T4 hormonunun T3’e çevrilmesinde faydalı olan selenyum ve selenyumlu yiyecekler mutlaka beslenme listemizde olmalı ama yüksek miktarlara çıkılmamalı. Yüksek dozda selenyum alındığında, T3 -T4 hormon dengesizliği ortaya çıkar, Hipofiz bezinin ürettiği TSH (Tiroid uyarıcı hormon) ve T4 hormonu artar, T3 hormonu azalır, kilo alınır hormonu azalır. çinko, E vitamini ve B6 vitamini içeren gıdaların yeteri kadar yenmesi tiroid sağlığı için büyük önem taşır.

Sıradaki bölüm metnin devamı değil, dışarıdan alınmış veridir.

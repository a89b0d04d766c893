//! Folders in memory, what crashes leave of them, and real folders, files and hosts.

use Step::{Create, Remove, Sync, Write};
use std::alloc::Global;
use std::test::Fail;
use std::{env, fs, process};
use udt_disk::{
    Disk, DiskFile, Failed, FileName, Host, HostSink, MemDisk, MemFile, Outcome, RealHost, Sink,
    Source, Text, Trouble,
};

/// What becomes of a file in a test.
#[derive(Clone, Copy, Debug)]
enum Step {
    /// The file is made, or emptied.
    Create,
    /// These bytes are written at its start.
    Write(&'static str),
    Sync,
    Remove,
}

/// Writes the file or syncs it, as the step says, and gives it back.
fn touch(disk: &mut MemDisk, mut file: MemFile, step: Step) -> Result<(), Failed> {
    let done = match step {
        Write(bytes) => file.write_at(0, bytes.as_bytes()),
        Sync => file.sync(),
        Create | Remove => Ok(()),
    };
    disk.retire(file);
    done
}

fn take_step(disk: &mut MemDisk, step: Step) -> Result<(), Failed> {
    let name = FileName::Current;
    let file = match step {
        Remove => return disk.remove(name),
        Create => disk.create(name)?,
        Write(_) | Sync => disk.open_file(name)?.ok_or(Failed)?,
    };
    touch(disk, file, step)
}

/// The folder after a crash with the outcome behind these steps.
fn crashed(alloc: Global, steps: &[Step], outcome: Outcome) -> Result<MemDisk, Fail> {
    let mut disk = MemDisk::new(alloc, Vec::new(alloc))?;
    for step in steps {
        take_step(&mut disk, *step)?;
    }
    Ok(disk.after_crash(alloc, outcome)?)
}

const CREATED: [Step; 1] = [Create];

const UNSYNCED: [Step; 2] = [Create, Write("abc")];

const SYNCED: [Step; 3] = [Create, Write("abc"), Sync];

const REWRITTEN: [Step; 4] = [Create, Write("abc"), Sync, Write("xy")];

const EMPTIED: [Step; 4] = [Create, Write("abc"), Sync, Create];

const REFILLED: [Step; 5] = [Create, Write("abc"), Sync, Create, Write("xy")];

const REMOVED: [Step; 4] = [Create, Write("abc"), Sync, Remove];

/// Bytes of which a crash spoilt as many as were not synced.
const SPOILT: &[u8] = b"\xA5\xA5\xA5";

/// What crashes leave of the file behind steps.
const LEFT: [(&[Step], Outcome, Option<&[u8]>); 21] = [
    (&SYNCED, Outcome::Lost, Some(b"abc")),
    (&SYNCED, Outcome::Kept, Some(b"abc")),
    (&SYNCED, Outcome::Hostile, Some(b"abc")),
    (&CREATED, Outcome::Lost, None),
    (&CREATED, Outcome::Kept, Some(b"")),
    (&CREATED, Outcome::Hostile, Some(b"")),
    (&UNSYNCED, Outcome::Lost, None),
    (&UNSYNCED, Outcome::Kept, Some(b"abc")),
    (&UNSYNCED, Outcome::Hostile, Some(SPOILT)),
    (&REWRITTEN, Outcome::Lost, Some(b"abc")),
    (&REWRITTEN, Outcome::Kept, Some(b"xyc")),
    (&REWRITTEN, Outcome::Hostile, Some(b"\xA5\xA5c")),
    (&EMPTIED, Outcome::Lost, Some(b"abc")),
    (&EMPTIED, Outcome::Kept, Some(b"")),
    (&EMPTIED, Outcome::Hostile, Some(SPOILT)),
    (&REFILLED, Outcome::Lost, Some(b"abc")),
    (&REFILLED, Outcome::Kept, Some(b"xy")),
    (&REFILLED, Outcome::Hostile, Some(SPOILT)),
    (&REMOVED, Outcome::Lost, Some(b"abc")),
    (&REMOVED, Outcome::Kept, None),
    (&REMOVED, Outcome::Hostile, Some(b"abc")),
];

#[test]
fn crashes_leave_what_was_synced(rt: HostRuntime) -> Result<(), Fail> {
    for (steps, outcome, want) in LEFT {
        let disk = crashed(rt.alloc(), steps, outcome)?;
        assert!(rt;
            disk.contents(FileName::Current) == want,
            "{steps:?} {outcome:?}"
        );
        assert_eq!(rt; disk.starved(), 0);
    }
    Ok(())
}

/// A call that fails, for good or not, and which of four calls fail by that.
const TROUBLES: [(u64, bool, [bool; 4]); 5] = [
    (1, false, [true, false, false, false]),
    (2, false, [false, true, false, false]),
    (2, true, [false, true, true, true]),
    (4, false, [false, false, false, true]),
    (5, true, [false, false, false, false]),
];

#[test]
fn a_trouble_fires_at_its_call(rt: HostRuntime) -> Result<(), Fail> {
    for (call, lasting, want) in TROUBLES {
        let trouble = Trouble {
            name: FileName::Log(1),
            call,
            lasting,
        };
        let mut disk = MemDisk::new(rt.alloc(), Vec::from_slice(rt.alloc(), &[trouble])?)?;
        for fails in want {
            let other = disk.remove(FileName::Log(2));
            let removed = disk.remove(FileName::Log(1));
            assert!(rt; other.is_ok() && removed.is_err() == fails, "call {call}");
        }
    }
    Ok(())
}

/// What a host or a folder answers where something is asked for.
#[derive(Clone, Copy, Debug, PartialEq, Eq)]
enum Asked {
    Found,
    Missing,
    Fails,
}

fn ask_for_folder<H: Host>(host: &mut H, place: &Text, make: bool) -> Asked {
    match host.open_folder(place, make) {
        Ok(Some(folder)) => {
            host.close_folder(place, folder);
            Asked::Found
        }
        Ok(None) => Asked::Missing,
        Err(Failed) => Asked::Fails,
    }
}

fn ask_for_source<H: Host>(host: &mut H, place: &Text) -> Asked {
    match host.open_source(place) {
        Ok(Some(source)) => {
            host.close_source(source);
            Asked::Found
        }
        Ok(None) => Asked::Missing,
        Err(Failed) => Asked::Fails,
    }
}

fn ask_for_file<D: Disk>(disk: &mut D, name: FileName) -> Asked {
    match disk.open_file(name) {
        Ok(Some(file)) => {
            disk.retire(file);
            Asked::Found
        }
        Ok(None) => Asked::Missing,
        Err(Failed) => Asked::Fails,
    }
}

fn ask_for_new_file<D: Disk>(disk: &mut D, name: FileName) -> Asked {
    match disk.create(name) {
        Ok(file) => {
            disk.retire(file);
            Asked::Found
        }
        Err(Failed) => Asked::Fails,
    }
}

/// Writes twice, syncs and answers the length.
fn write_twice<F: DiskFile>(file: &mut F) -> Result<u64, Failed> {
    file.write_at(0, b"abcd")?;
    file.write_at(0, b"xy")?;
    file.sync()?;
    file.len()
}

fn write<D: Disk>(disk: &mut D, name: FileName) -> Result<u64, Failed> {
    let mut file = disk.create(name)?;
    let written = write_twice(&mut file);
    disk.retire(file);
    written
}

/// Reads a file from its second byte on.
fn read<D: Disk>(disk: &mut D, name: FileName, into: &mut [u8]) -> Result<usize, Failed> {
    let Some(mut file) = disk.open_file(name)? else {
        return Err(Failed);
    };
    let read = file.read_at(1, into);
    disk.retire(file);
    read
}

/// Are four bytes written to a file, three of them read, and is it removed?
fn is_kept<D: Disk>(disk: &mut D, into: &mut [u8]) -> Result<bool, Failed> {
    let name = FileName::Log(7);
    let written = write(disk, name)?;
    let read = read(disk, name, into)?;
    disk.remove(name)?;
    Ok(written == 4 && read == 3 && ask_for_file(disk, name) == Asked::Missing)
}

/// A path of its own for a test, in the place for temporary files.
fn temporary(rt: &HostRuntime, name: &str) -> Result<String, Fail> {
    let place = env::temp_dir(rt)?;
    let id = process::id(rt.process());
    Ok(format!(in rt.alloc(); "{}/udt_disk-{id}-{name}", place.display())?)
}

/// What a real host answers where a folder, made or not, and a source are asked for under a path.
fn ask_host(rt: &HostRuntime, path: &[u8], make: bool) -> Result<(Asked, Asked), Fail> {
    let place = Text::of(rt.alloc(), path)?;
    let mut host = RealHost::new(rt);
    let folder = ask_for_folder(&mut host, &place, make);
    Ok((folder, ask_for_source(&mut host, &place)))
}

fn is_kept_in(rt: &HostRuntime, path: &str, make: bool, into: &mut [u8]) -> Result<bool, Fail> {
    let place = Text::of(rt.alloc(), path.as_bytes())?;
    let mut host = RealHost::new(rt);
    let mut folder = host.open_folder(&place, make)?.ok_or("no folder")?;
    let kept = is_kept(&mut folder, into);
    host.close_folder(&place, folder);
    Ok(kept?)
}

#[test]
fn a_real_folder_keeps_its_files(rt: HostRuntime) -> Result<(), Fail> {
    let path = temporary(&rt, "folder")?;
    let (missing, _) = ask_host(&rt, path.as_bytes(), false)?;
    assert_eq!(rt; missing, Asked::Missing);
    for make in [true, false] {
        let mut into = [0u8; 3];
        assert!(rt; is_kept_in(&rt, &path, make, &mut into)?);
        assert_eq!(rt; into.as_slice(), b"ycd".as_slice());
    }
    Ok(fs::remove_dir_all(&rt, path.as_str())?)
}

fn read_found(rt: &HostRuntime, path: &str, into: &mut [u8]) -> Result<usize, Fail> {
    let place = Text::of(rt.alloc(), path.as_bytes())?;
    let mut host = RealHost::new(rt);
    let mut folder = host.open_folder(&place, false)?.ok_or("no folder")?;
    let read = read(&mut folder, FileName::Log(1), into);
    host.close_folder(&place, folder);
    Ok(read?)
}

/// Does a file hold this text?
fn holds(rt: &HostRuntime, path: &str, text: &str) -> Result<bool, Fail> {
    Ok(fs::read_to_string(rt, path)?.as_str() == text)
}

#[test]
fn a_real_file_that_is_found_is_read_and_stays(rt: HostRuntime) -> Result<(), Fail> {
    let path = temporary(&rt, "found")?;
    let log = format!(in rt.alloc(); "{path}/1.log")?;
    fs::create_dir(&rt, path.as_str())?;
    fs::write(&rt, log.as_str(), "bytes of a log")?;
    let mut into = [0u8; 3];
    assert_eq!(rt; read_found(&rt, &path, &mut into)?, 3);
    assert_eq!(rt; into.as_slice(), b"yte".as_slice());
    assert!(rt; holds(&rt, &log, "bytes of a log")?);
    Ok(fs::remove_dir_all(&rt, path.as_str())?)
}

#[test]
fn a_real_folder_is_made_at_a_path_of_one_word(rt: HostRuntime) -> Result<(), Fail> {
    let path = format!(in rt.alloc(); "udt_disk-{}-word", process::id(rt.process()))?;
    let (made, _) = ask_host(&rt, path.as_bytes(), true)?;
    assert_eq!(rt; made, Asked::Found);
    Ok(fs::remove_dir(&rt, path.as_str())?)
}

/// Makes a folder with a file.
fn make_file(rt: &HostRuntime, folder: &str, file: &str, text: &str) -> Result<(), Fail> {
    fs::create_dir(rt, folder)?;
    let path = format!(in rt.alloc(); "{folder}/{file}")?;
    Ok(fs::write(rt, path.as_str(), text)?)
}

/// Paths below a folder with the file `file`, and what is answered where a folder, made or not, and a source are asked for.
const OTHERS: [(&str, bool, (Asked, Asked)); 3] = [
    ("file", true, (Asked::Fails, Asked::Found)),
    ("file/below", true, (Asked::Fails, Asked::Fails)),
    ("missing", false, (Asked::Missing, Asked::Missing)),
];

#[test]
fn a_real_host_answers_failed_where_something_else_stands(rt: HostRuntime) -> Result<(), Fail> {
    let path = temporary(&rt, "other")?;
    make_file(&rt, &path, "file", "bytes")?;
    for (name, make, wanted) in OTHERS {
        let place = format!(in rt.alloc(); "{path}/{name}")?;
        assert_eq!(rt; ask_host(&rt, place.as_bytes(), make)?, wanted, "{name}");
    }
    Ok(fs::remove_dir_all(&rt, path.as_str())?)
}

#[test]
fn a_real_host_answers_failed_where_a_path_is_no_text(rt: HostRuntime) -> Result<(), Fail> {
    assert_eq!(rt; ask_host(&rt, &[255], true)?, (Asked::Fails, Asked::Fails));
    Ok(())
}

/// Does each call on `CURRENT` fail, and none on `MADE`?
fn current_fails<D: Disk>(disk: &mut D) -> bool {
    ask_for_new_file(disk, FileName::Current) == Asked::Fails
        && ask_for_file(disk, FileName::Current) == Asked::Fails
        && disk.remove(FileName::Current).is_err()
        && disk.remove(FileName::Made).is_ok()
}

fn current_fails_in(rt: &HostRuntime, path: &str) -> Result<bool, Fail> {
    let place = Text::of(rt.alloc(), path.as_bytes())?;
    let mut host = RealHost::new(rt);
    let mut folder = host.open_folder(&place, false)?.ok_or("no folder")?;
    let fails = current_fails(&mut folder);
    host.close_folder(&place, folder);
    Ok(fails)
}

#[test]
fn a_folder_in_the_place_of_a_real_file_fails(rt: HostRuntime) -> Result<(), Fail> {
    let path = temporary(&rt, "place")?;
    let current = format!(in rt.alloc(); "{path}/CURRENT")?;
    fs::create_dir(&rt, path.as_str())?;
    fs::create_dir(&rt, current.as_str())?;
    assert!(rt; current_fails_in(&rt, &path)?);
    Ok(fs::remove_dir_all(&rt, path.as_str())?)
}

/// What a source answers to a read into this room, and to one more.
type Reads = (Result<usize, Failed>, Result<usize, Failed>);

fn read_twice(rt: &HostRuntime, path: &str, into: &mut [u8]) -> Result<Reads, Fail> {
    let place = Text::of(rt.alloc(), path.as_bytes())?;
    let mut host = RealHost::new(rt);
    let mut source = host.open_source(&place)?.ok_or("no source")?;
    let first = source.read(into);
    let second = source.read(&mut [0u8; 8]);
    host.close_source(source);
    Ok((first, second))
}

#[test]
fn a_real_source_is_read_to_its_end(rt: HostRuntime) -> Result<(), Fail> {
    let path = temporary(&rt, "source")?;
    let file = format!(in rt.alloc(); "{path}/file")?;
    make_file(&rt, &path, "file", "bytes")?;
    let mut into = [0u8; 8];
    assert_eq!(rt;
        read_twice(&rt, &path, &mut into)?,
        (Err(Failed), Err(Failed))
    );
    assert_eq!(rt; read_twice(&rt, &file, &mut into)?, (Ok(5), Ok(0)));
    assert_eq!(rt; into.as_slice(), b"bytes\0\0\0".as_slice());
    Ok(fs::remove_dir_all(&rt, path.as_str())?)
}

fn write_out(rt: &HostRuntime, path: &str) -> Result<usize, Fail> {
    let mut sink = HostSink::new(fs::File::create(rt, path)?);
    Ok(sink.write(b"out")?)
}

#[test]
fn a_real_sink_takes_its_bytes(rt: HostRuntime) -> Result<(), Fail> {
    let path = temporary(&rt, "sink")?;
    assert_eq!(rt; write_out(&rt, &path)?, 3);
    assert!(rt; holds(&rt, &path, "out")?);
    Ok(fs::remove_file(&rt, path.as_str())?)
}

Kabızlık problemi olan hipotroidi hastaları çok sutüketmeleri yanı sıra lifli-bol posalı yiyeceklerle kendini korumalı ama çok fazla lifli yiyecek kullanımının, diğer yiyeceklerle alınan (Tiroid bezinin ürettikleri değil) tiroid hormonlarının emilimini engelleyeceğide bilinmelidir. Dolaysıyla lif içeren yiyeceklerinde tüketimi dengeli olmalıdır.
Yine aynı şekilde tiroid tedavisi için çok önemli olan Çinko, E ve B vitamini içeren gıdalarda da aynı duyarlılıkları göstermek gerekir. Dengeli ve yeterli miktarlarda tüketilmeli "yararlıdır" denilerek aşırıya kaçılmamalıdır. Doktor tavsiyelerine göre hareket edilmelidir.